(Beginning of Extracted entries)

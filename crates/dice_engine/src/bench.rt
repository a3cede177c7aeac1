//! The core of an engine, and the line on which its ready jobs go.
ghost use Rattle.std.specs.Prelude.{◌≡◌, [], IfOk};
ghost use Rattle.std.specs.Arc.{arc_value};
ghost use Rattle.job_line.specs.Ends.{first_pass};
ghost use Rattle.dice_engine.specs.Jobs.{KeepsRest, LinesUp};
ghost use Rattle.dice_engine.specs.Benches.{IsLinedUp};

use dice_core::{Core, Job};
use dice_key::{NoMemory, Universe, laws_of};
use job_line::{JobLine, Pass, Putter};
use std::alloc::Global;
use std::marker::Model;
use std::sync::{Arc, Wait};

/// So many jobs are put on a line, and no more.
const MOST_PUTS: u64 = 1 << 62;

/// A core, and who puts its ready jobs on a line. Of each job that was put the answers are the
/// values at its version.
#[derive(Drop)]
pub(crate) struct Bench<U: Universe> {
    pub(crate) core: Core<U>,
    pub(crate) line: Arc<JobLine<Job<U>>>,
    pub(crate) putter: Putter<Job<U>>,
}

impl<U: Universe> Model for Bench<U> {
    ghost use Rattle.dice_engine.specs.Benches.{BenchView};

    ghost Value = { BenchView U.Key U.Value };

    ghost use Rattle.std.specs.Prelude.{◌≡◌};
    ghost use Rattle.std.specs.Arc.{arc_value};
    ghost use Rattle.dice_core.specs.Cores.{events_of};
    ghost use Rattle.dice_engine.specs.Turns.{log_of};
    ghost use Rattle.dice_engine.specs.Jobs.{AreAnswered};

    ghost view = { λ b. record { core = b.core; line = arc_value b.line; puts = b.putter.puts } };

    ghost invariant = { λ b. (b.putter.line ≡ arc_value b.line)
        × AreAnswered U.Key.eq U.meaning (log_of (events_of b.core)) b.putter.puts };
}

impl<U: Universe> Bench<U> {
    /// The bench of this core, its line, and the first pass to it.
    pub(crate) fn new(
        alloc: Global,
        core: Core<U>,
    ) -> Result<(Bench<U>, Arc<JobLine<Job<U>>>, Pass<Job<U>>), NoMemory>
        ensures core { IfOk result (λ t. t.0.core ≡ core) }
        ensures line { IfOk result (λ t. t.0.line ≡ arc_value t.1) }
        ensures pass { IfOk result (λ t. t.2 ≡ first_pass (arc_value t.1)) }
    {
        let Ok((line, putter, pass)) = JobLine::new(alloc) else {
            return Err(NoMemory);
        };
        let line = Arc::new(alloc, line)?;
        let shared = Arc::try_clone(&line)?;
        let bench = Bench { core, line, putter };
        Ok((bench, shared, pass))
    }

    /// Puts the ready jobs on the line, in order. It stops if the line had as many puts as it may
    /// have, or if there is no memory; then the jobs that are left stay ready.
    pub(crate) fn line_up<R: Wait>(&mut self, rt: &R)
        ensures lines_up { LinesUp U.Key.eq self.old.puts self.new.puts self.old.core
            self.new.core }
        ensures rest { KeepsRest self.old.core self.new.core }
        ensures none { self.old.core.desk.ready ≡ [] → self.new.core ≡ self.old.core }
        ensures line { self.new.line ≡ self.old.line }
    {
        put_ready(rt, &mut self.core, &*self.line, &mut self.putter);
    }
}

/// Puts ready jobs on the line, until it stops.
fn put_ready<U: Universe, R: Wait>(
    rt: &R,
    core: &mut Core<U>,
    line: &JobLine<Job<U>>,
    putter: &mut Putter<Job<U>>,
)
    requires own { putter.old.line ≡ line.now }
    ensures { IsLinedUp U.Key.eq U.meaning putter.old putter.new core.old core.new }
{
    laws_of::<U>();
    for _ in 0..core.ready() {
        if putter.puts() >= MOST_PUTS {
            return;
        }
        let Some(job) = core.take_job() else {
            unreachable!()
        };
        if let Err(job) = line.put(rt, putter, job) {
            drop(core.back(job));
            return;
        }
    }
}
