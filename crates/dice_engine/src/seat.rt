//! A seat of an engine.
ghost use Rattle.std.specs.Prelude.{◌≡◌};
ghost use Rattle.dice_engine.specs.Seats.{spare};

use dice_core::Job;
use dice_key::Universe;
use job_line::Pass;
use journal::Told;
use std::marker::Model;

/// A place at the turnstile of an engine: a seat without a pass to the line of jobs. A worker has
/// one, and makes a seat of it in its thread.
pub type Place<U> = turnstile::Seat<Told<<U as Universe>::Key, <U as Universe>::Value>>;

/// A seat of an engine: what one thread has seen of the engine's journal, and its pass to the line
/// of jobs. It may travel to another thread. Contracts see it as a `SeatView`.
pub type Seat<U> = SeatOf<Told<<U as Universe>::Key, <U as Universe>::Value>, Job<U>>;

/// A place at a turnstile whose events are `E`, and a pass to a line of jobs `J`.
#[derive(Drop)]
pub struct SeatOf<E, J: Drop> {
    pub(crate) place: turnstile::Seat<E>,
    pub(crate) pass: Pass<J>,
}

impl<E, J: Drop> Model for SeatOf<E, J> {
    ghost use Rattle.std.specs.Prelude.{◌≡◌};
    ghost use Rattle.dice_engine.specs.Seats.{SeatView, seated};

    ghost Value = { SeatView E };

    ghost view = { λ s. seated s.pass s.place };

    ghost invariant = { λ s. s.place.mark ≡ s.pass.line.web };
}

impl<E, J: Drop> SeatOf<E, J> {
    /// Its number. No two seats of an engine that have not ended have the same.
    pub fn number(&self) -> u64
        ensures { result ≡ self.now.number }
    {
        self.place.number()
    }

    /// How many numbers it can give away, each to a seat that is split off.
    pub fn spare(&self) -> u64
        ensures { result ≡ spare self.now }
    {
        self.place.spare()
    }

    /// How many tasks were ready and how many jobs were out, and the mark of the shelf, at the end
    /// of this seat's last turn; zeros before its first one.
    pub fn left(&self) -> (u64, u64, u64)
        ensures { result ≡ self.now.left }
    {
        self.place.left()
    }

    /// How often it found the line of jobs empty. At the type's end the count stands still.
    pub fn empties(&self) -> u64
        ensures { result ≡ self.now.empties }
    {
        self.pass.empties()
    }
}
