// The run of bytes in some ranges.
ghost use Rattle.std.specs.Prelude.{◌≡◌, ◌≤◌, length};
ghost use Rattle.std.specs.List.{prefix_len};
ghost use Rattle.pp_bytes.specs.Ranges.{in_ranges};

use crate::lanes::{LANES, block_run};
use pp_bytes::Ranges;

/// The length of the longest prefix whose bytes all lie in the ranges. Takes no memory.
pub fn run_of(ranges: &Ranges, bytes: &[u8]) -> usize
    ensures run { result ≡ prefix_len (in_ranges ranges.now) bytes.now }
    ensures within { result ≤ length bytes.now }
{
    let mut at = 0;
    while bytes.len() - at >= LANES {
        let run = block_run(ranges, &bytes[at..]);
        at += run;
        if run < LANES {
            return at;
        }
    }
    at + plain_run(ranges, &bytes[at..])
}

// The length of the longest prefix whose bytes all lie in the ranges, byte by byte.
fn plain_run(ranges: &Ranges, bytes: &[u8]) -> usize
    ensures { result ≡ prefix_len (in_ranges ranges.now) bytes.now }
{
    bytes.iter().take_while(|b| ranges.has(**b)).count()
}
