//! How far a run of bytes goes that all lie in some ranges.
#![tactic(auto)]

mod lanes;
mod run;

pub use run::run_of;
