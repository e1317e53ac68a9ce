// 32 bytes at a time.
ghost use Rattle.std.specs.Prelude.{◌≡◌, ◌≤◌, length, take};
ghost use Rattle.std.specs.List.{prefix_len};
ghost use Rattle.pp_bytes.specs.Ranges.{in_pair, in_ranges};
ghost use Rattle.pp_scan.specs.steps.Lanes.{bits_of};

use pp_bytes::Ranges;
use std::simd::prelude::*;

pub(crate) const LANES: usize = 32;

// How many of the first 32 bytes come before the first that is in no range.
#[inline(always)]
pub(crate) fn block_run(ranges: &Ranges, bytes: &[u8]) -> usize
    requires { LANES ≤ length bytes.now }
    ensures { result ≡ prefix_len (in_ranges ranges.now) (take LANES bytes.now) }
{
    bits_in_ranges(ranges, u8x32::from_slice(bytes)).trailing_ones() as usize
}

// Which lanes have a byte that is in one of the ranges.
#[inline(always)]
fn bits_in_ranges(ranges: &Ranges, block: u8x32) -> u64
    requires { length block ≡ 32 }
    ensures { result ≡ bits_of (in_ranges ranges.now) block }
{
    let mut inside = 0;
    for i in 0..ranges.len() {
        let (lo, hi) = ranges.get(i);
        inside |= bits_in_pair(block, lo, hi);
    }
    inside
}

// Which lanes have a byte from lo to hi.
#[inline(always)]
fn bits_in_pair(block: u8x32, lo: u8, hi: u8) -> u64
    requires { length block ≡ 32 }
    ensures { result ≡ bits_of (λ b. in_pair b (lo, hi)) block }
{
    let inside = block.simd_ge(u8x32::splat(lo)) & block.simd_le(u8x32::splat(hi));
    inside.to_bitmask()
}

(End of Extracted entries)
(Beginning of Extracted entries)

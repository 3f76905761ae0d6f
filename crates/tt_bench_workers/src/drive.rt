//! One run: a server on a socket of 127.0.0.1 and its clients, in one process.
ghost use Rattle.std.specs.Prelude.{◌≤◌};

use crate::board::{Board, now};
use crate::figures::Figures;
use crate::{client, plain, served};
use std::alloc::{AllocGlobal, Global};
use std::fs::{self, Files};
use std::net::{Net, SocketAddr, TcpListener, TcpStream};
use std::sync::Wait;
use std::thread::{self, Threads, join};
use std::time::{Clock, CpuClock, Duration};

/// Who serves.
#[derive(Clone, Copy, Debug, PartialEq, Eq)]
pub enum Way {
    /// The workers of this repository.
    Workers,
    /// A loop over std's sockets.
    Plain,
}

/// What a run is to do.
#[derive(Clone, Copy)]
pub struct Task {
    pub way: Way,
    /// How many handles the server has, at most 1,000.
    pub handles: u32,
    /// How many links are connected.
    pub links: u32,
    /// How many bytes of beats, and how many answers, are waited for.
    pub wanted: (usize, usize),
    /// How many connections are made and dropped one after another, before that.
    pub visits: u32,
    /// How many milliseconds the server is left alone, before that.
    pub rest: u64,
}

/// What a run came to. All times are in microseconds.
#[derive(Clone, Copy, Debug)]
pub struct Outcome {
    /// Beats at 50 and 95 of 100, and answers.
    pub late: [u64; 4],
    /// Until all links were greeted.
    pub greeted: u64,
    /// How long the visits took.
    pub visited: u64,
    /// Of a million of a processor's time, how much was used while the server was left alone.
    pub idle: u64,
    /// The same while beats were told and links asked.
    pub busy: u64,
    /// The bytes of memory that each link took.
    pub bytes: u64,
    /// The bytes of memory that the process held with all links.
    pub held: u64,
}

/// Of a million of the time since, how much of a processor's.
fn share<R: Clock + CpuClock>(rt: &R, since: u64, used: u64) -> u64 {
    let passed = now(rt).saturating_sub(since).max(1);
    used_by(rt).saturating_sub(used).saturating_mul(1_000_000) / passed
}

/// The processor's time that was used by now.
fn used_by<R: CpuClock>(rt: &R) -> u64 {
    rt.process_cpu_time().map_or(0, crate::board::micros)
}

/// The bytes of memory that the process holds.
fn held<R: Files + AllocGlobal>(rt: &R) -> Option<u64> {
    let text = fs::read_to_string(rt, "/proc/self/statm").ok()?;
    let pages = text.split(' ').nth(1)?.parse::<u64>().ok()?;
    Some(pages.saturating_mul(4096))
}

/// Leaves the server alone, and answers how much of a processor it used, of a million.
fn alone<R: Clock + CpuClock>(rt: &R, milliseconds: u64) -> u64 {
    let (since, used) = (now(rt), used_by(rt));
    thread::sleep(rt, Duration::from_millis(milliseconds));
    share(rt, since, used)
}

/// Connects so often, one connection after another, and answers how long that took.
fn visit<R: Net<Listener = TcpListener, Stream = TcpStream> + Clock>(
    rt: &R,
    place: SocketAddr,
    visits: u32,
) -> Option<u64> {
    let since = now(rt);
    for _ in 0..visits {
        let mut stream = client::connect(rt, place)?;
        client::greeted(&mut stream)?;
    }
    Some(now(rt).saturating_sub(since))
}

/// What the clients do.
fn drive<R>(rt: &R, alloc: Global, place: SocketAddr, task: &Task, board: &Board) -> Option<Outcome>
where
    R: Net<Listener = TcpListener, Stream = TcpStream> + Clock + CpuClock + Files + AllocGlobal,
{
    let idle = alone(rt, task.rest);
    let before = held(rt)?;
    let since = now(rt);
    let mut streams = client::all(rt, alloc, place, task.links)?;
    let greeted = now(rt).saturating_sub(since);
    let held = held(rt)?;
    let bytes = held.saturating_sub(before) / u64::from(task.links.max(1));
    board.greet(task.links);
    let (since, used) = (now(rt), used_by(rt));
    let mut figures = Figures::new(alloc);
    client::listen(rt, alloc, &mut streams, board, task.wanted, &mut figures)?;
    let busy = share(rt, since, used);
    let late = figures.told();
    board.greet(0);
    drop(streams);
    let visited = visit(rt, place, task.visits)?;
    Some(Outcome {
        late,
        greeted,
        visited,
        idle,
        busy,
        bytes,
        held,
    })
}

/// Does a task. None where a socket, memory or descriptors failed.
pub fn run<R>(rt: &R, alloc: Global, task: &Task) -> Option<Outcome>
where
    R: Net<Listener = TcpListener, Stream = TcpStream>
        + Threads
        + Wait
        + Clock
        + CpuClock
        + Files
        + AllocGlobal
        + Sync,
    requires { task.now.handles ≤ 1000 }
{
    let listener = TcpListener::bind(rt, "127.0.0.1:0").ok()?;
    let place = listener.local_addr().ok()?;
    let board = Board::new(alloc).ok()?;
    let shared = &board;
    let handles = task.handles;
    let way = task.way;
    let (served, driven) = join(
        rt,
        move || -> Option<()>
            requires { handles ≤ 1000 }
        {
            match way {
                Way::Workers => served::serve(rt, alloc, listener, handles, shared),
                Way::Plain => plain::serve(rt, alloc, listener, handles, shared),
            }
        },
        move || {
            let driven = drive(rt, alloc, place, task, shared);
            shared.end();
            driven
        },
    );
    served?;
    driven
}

(End of Extracted entries)

• **Task description**: Leave out every line above except those from the line with "filename crates/dice_engine/src/bench.rt" up to and including the line with "pub(crate) struct Bench<U: Universe>", and copy those exactly.

• **Solution for this exercise**:
filename crates/dice_engine/src/bench.rt
repository a3cede177c7aeac1
//! The core of an engine, and the line on which its ready jobs go.
ghost use Rattle.std.specs.Prelude.{◌≡◌, [], IfOk};
ghost use Rattle.std.specs.Arc.{arc_value};
ghost use Rattle.job_line.specs.Ends.{first_pass};
ghost use Rattle.dice_engine.specs.Jobs.{KeepsRest, LinesUp};
ghost use Rattle.dice_engine.specs.Benches.{IsLinedUp};

use dice_core::{Core, Job};
use dice_key::{NoMemory, Universe, laws_of};
use job_line::{JobLine, Pass, Putter};
use std::alloc::Global;
use std::marker::Model;
use std::sync::{Arc, Wait};

/// So many jobs are put on a line, and no more.
const MOST_PUTS: u64 = 1 << 62;

/// A core, and who puts its ready jobs on a line. Of each job that was put the answers are the
/// values at its version.
#[derive(Drop)]
pub(crate) struct Bench<U: Universe> {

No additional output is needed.